The history of cooking vessels before the development of pottery is minimal due to the limited archaeological evidence. It has been possible to extrapolate likely developments based on methods used by latter peoples. Among the first of the techniques believed to be used by stone age civilizations were improvements to basic roasting. In addition to exposing food to direct heat from either an open fire or hot embers it is possible to cover the food with clay or large leaves before roasting to preserve moisture in the cooked result. Examples of similar techniques are still in use in many modern cuisines.
Of greater difficulty was finding a method to boil water. For people without access to natural heated water sources, such as hot springs, heated stones could be placed in a water-filled vessel to raise its temperature (for example, a leaf-lined pit or the stomach from animals killed by hunters.). In many locations the shells of turtles or large mollusks provided a source for waterproof cooking vessels. Bamboo tubes sealed at the end with clay provided a usable container in Asia, while the inhabitants of the Tehuacan Valley began carving large stone bowls that were permanently set into a hearth as early as 7000 BC.

According to Frank Hamilton Cushing, native American cooking baskets used by the Zuni (Zuñi) developed from mesh casings woven to stabilize gourd water vessels. He reported witnessing cooking basket use by Havasupai in 1881. Roasting baskets covered with clay would be filled with wood coals and the product to be roasted. When the thus hardened clay separated from the basket, it would become a usable clay roasting pan in itself. This indicates a steady progression from use of woven gourd casings to waterproof cooking baskets to pottery. Other than in many other cultures, native Americans used and still use the heat source inside the cookware. Cooking baskets are filled with hot stones and roasting pans with wood coals.

Native Americans, both in the East and in the West, would form a basket from large leaves to boil water, according to historian and novelist Louis L'Amour. As long as the flames did not reach above the level of water in the basket, the leaves would not burn through.
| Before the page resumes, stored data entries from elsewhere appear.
//! Tests the header and cells of a grid, replaced cells, counts and named sinks.
ghost use Rattle.std.specs.Prelude.{◌≡◌, ◌*◌, ◌∷◌, [], pos, negsuc, None, Some, Contains};

use crate::texts::{PIT, PIT_CELLS, expect_cells, grid_of};
use ascii_grid::{Anchor, Cell, Count, Grid, Height, NoMemory, Place, SinkFault, Word};
use std::alloc::Global;
use std::process::Abort;
use std::test::Fail;

/// The middle of 3 by 3 cells; [`PAST_THE_ROWS`] and [`PAST_THE_COLUMNS`] are outside them.
const MIDDLE: Place = Place { row: 1, col: 1 };

const NORTH_EAST: Place = Place { row: 0, col: 2 };

const SOUTH_WEST: Place = Place { row: 2, col: 0 };

const SOUTH_EAST: Place = Place { row: 2, col: 2 };

const PAST_THE_ROWS: Place = Place { row: 3, col: 0 };

const PAST_THE_COLUMNS: Place = Place { row: 0, col: 3 };

/// Returns 3 by 3 cells, in tenths: heights 5 around a -1, and NODATA in the south-east.
fn bowl(rt: &impl Abort, alloc: Global) -> Grid
    ensures cols { result.terrain.cols ≡ 3 }
    ensures rows { result.terrain.rows ≡ 3 }
    ensures cells { result.terrain.cells ≡ Some (pos 5) ∷ Some (pos 5) ∷ Some (pos 5) ∷ Some (pos 5)
        ∷ Some (negsuc 0) ∷ Some (pos 5) ∷ Some (pos 5) ∷ Some (pos 5) ∷ None ∷ [] }
{
    let text =
        b"ncols 3 nrows 3 xllcenter 100.5 yllcorner -2E1 cellsize 30.0 .5 .5 .5 .5 -.1 .5 .5 .5 -9999";
    let high = Some(5);
    let cells = [high, high, high, high, Some(-1), high, high, high, None];
    let grid = grid_of(rt, alloc, 1, text, &cells);
    assert!(rt; grid.cols() == 3);
    assert!(rt; grid.rows() == 3);
    grid
}

/// Returns the grid with these sinks.
fn named(rt: &impl Abort, alloc: Global, grid: &Grid, sinks: &[Place]) -> Grid
    ensures cols { result.terrain.cols ≡ grid.now.terrain.cols }
    ensures rows { result.terrain.rows ≡ grid.now.terrain.rows }
    ensures cells { result.terrain.cells ≡ grid.now.terrain.cells }
{
    grid.with_sinks(alloc, sinks).expect(rt, "sinks")
}

/// The heights of [`bowl`], but 5 in the middle.
const FILLED: [Option<Height>; 9] = [
    Some(5),
    Some(5),
    Some(5),
    Some(5),
    Some(5),
    Some(5),
    Some(5),
    Some(5),
    None,
];

/// Returns the grid with [`FILLED`] as its cells.
fn filled(rt: &impl Abort, alloc: Global, grid: &Grid) -> Grid
    requires size { grid.now.terrain.cols * grid.now.terrain.rows ≡ 9 }
    requires high { Contains grid.now.terrain.cells (Some (pos 5)) }
{
    let high = Cell::of(5);
    let gap = Cell::no_data();
    let cells = [high, high, high, high, high, high, high, high, gap];
    grid.with_cells(alloc, &cells).expect(rt, "memory")
}

/// Returns whether a place of the grid is an end cell.
fn is_edge(rt: &impl Abort, grid: &Grid, place: Place) -> bool {
    assert!(rt; place.row < grid.rows());
    assert!(rt; place.col < grid.cols());
    grid.is_edge(place)
}

fn expect_sinks(rt: &impl Abort, grid: &Grid, sinks: &[Place]) {
    assert_eq!(rt; grid.sinks(), sinks);
}

/// Asserts that the grid refuses these sinks with this fault.
fn refuses(rt: &impl Abort, alloc: Global, grid: &Grid, sinks: &[Place], fault: SinkFault) {
    assert_eq!(rt; grid.with_sinks(alloc, sinks).err(), Some(fault));
}

fn expect_word(rt: &impl Abort, word: &Word, text: &[u8]) {
    assert_eq!(rt; word.as_bytes(), text);
}

fn expect_anchor(rt: &impl Abort, anchor: &Anchor, centre: bool, text: &[u8]) {
    assert_eq!(rt; anchor.centre, centre);
    expect_word(rt, &anchor.word, text);
}

/// Asserts the words of the grid's header. `centre` is whether the first names a cell's centre; the
/// second names a corner.
fn expect_frame(rt: &impl Abort, grid: &Grid, centre: bool, words: &[&[u8]; 4]) {
    let frame = grid.frame();
    expect_anchor(rt, frame.xll(), centre, words[0]);
    expect_anchor(rt, frame.yll(), false, words[1]);
    expect_word(rt, frame.cellsize(), words[2]);
    expect_word(rt, frame.nodata(), words[3]);
}

/// The header words of [`bowl`].
const BOWL_WORDS: [&[u8]; 4] = [b"100.5", b"-2E1", b"30.0", b"-9999"];

#[test]
fn parts_of_a_grid(rt: HostRuntime) {
    let grid = bowl(&rt, rt.alloc());
    assert_eq!(rt; grid.scale(), 1);
    expect_frame(&rt, &grid, true, &BOWL_WORDS);
}

#[test]
fn cells_by_place(rt: HostRuntime) {
    let grid = bowl(&rt, rt.alloc());
    let middle = grid.at(MIDDLE);
    let corners = (grid.at(NORTH_EAST), grid.at(SOUTH_EAST));
    assert_eq!(rt; (middle, corners), (Some(-1), (Some(5), None)));
    for (place, edge) in [
        (Place { row: 0, col: 1 }, true),
        (MIDDLE, true),
        (SOUTH_EAST, false),
    ] {
        assert_eq!(rt; is_edge(&rt, &grid, place), edge, "{place:?}");
    }
}

#[test]
fn other_cells(rt: HostRuntime) {
    let grid = bowl(&rt, rt.alloc());
    let other = filled(&rt, rt.alloc(), &grid);
    expect_cells(&rt, other.cells(), &FILLED);
    assert_eq!(rt; other.cols(), 3);
    assert_eq!(rt; other.scale(), 1);
    expect_frame(&rt, &other, true, &BOWL_WORDS);
    assert_eq!(rt; grid.at(MIDDLE), Some(-1));
}

/// A grid with other cells, here all 9, keeps its size and header.
#[test]
fn nine_nines(rt: HostRuntime) -> Result<(), NoMemory> {
    let pit = grid_of(&rt, rt.alloc(), 0, PIT, &PIT_CELLS);
    assert!(rt; pit.cols() == 3);
    assert!(rt; pit.rows() == 3);
    let nines = pit.with_cells(rt.alloc(), &[Cell::of(9); 9])?;
    expect_cells(&rt, nines.cells(), &[Some(9); 9]);
    assert_eq!(rt; (nines.cols(), nines.rows(), nines.scale()), (3, 3, 0));
    expect_frame(&rt, &nines, false, &[b"0", b"0", b"1", b"-9999"]);
    expect_sinks(&rt, &nines, &[]);
    Ok(())
}

/// 16,777,216 is the number of cells of the largest grid: no map has a greater count.
#[test]
fn counts(rt: HostRuntime) {
    for number in [0, 1, 16_777_216] {
        assert_eq!(rt; Count::of(number).value(), Some(number));
    }
    assert!(rt; Count::none().value().is_none());
}

#[test]
fn sink_in_a_pit(rt: HostRuntime) {
    let pit = grid_of(&rt, rt.alloc(), 0, PIT, &PIT_CELLS);
    expect_sinks(&rt, &pit, &[]);
    assert!(rt; !is_edge(&rt, &pit, MIDDLE));
    let named = named(&rt, rt.alloc(), &pit, &[MIDDLE]);
    expect_sinks(&rt, &named, &[MIDDLE]);
    assert!(rt; is_edge(&rt, &named, MIDDLE));
    expect_cells(&rt, named.cells(), &PIT_CELLS);
}

#[test]
fn sinks_count_once_and_are_replaced(rt: HostRuntime) {
    let bowl = bowl(&rt, rt.alloc());
    let repeated = [MIDDLE, SOUTH_WEST, MIDDLE, NORTH_EAST, SOUTH_WEST, MIDDLE];
    let first = named(&rt, rt.alloc(), &bowl, &repeated);
    expect_sinks(&rt, &first, &[MIDDLE, SOUTH_WEST, NORTH_EAST]);
    let second = named(&rt, rt.alloc(), &first, &[NORTH_EAST]);
    expect_sinks(&rt, &second, &[NORTH_EAST]);
    let none = named(&rt, rt.alloc(), &second, &[]);
    expect_sinks(&rt, &none, &[]);
}

#[test]
fn sinks_stay_with_other_cells(rt: HostRuntime) {
    let grid = bowl(&rt, rt.alloc());
    let sunk = named(&rt, rt.alloc(), &grid, &[NORTH_EAST, MIDDLE]);
    let other = filled(&rt, rt.alloc(), &sunk);
    expect_sinks(&rt, &other, &[NORTH_EAST, MIDDLE]);
    expect_cells(&rt, other.cells(), &FILLED);
}

#[test]
fn bad_sinks(rt: HostRuntime) {
    let alloc = rt.alloc();
    let grid = bowl(&rt, alloc);
    let outside = [MIDDLE, NORTH_EAST, PAST_THE_ROWS, SOUTH_EAST];
    refuses(&rt, alloc, &grid, &outside, SinkFault::Outside(2));
    let outside = [PAST_THE_COLUMNS, SOUTH_EAST];
    refuses(&rt, alloc, &grid, &outside, SinkFault::Outside(0));
    let on_nodata = [MIDDLE, SOUTH_EAST, PAST_THE_ROWS];
    refuses(&rt, alloc, &grid, &on_nodata, SinkFault::OnNodata(1));
}

/// Repeated sinks count towards the limit. Too many sinks are reported before one outside the grid.
#[test]
fn most_sinks(rt: HostRuntime) -> Result<(), Fail> {
    let grid = bowl(&rt, rt.alloc());
    let mut sinks = vec![in rt.alloc(); MIDDLE; 1024]?;
    expect_sinks(&rt, &named(&rt, rt.alloc(), &grid, &sinks), &[MIDDLE]);
    sinks.push(PAST_THE_ROWS)?;
    refuses(&rt, rt.alloc(), &grid, &sinks, SinkFault::TooManySinks);
    Ok(())
}

/// If `rt try --fail-alloc` refuses memory to the first call, a second call adds the sink.
#[test]
fn refused_sinks_are_named_once_more(rt: HostRuntime) {
    let pit = grid_of(&rt, rt.alloc(), 0, PIT, &PIT_CELLS);
    let named = match pit.with_sinks(rt.alloc(), &[MIDDLE]) {
        Ok(named) => named,
        Err(fault) => {
            assert_eq!(rt; fault, SinkFault::Memory);
            pit.with_sinks(rt.alloc(), &[MIDDLE])
                .expect(&rt, "once more")
        }
    };
    expect_sinks(&rt, &named, &[MIDDLE]);
    expect_cells(&rt, named.cells(), &PIT_CELLS);
}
The development of pottery allowed for the creation of fireproof cooking vessels in a variety of shapes and sizes. Coating the earthenware with some type of plant gum, and later ceramic glazes, converted the porous container into a waterproof vessel. The earthenware cookware could then be suspended over a fire through use of a tripod or other apparatus, or even be placed directly into a low fire or coal bed as in the case of the pipkin. Ceramics (including stoneware and glass) conduct poorly, however, so ceramic pots must cook over relatively low heats and over long periods of time (most modern ceramic pots will crack if used on the stovetop, and are only intended for the oven). Even after metal pots have come into widespread use, earthenware pots are still preferred among the less well-off,globally, due to their low production cost.

The development of bronze and iron metalworking skills allowed for cookware made from metal to be manufactured, although adoption of the new cookware was slow due to the much higher cost. After the development of metal cookware there was little new development in cookware, with the standard Medieval kitchen utilizing a cauldron and a shallow earthenware pan for most cooking tasks, with a spit employed for roasting.

By the 17th century, it was common for a Western kitchen to contain a number of skillets, baking pans, a kettle and several pots, along with a variety of pot hooks and trivets. In the American colonies, these items would commonly be produced by a local blacksmith from iron while brass or copper vessels were common in Europe and Asia. Improvements in metallurgy during the 19th and 20th centuries allowed for pots and pans from metals such as steel, stainless steel and aluminium to be economically produced.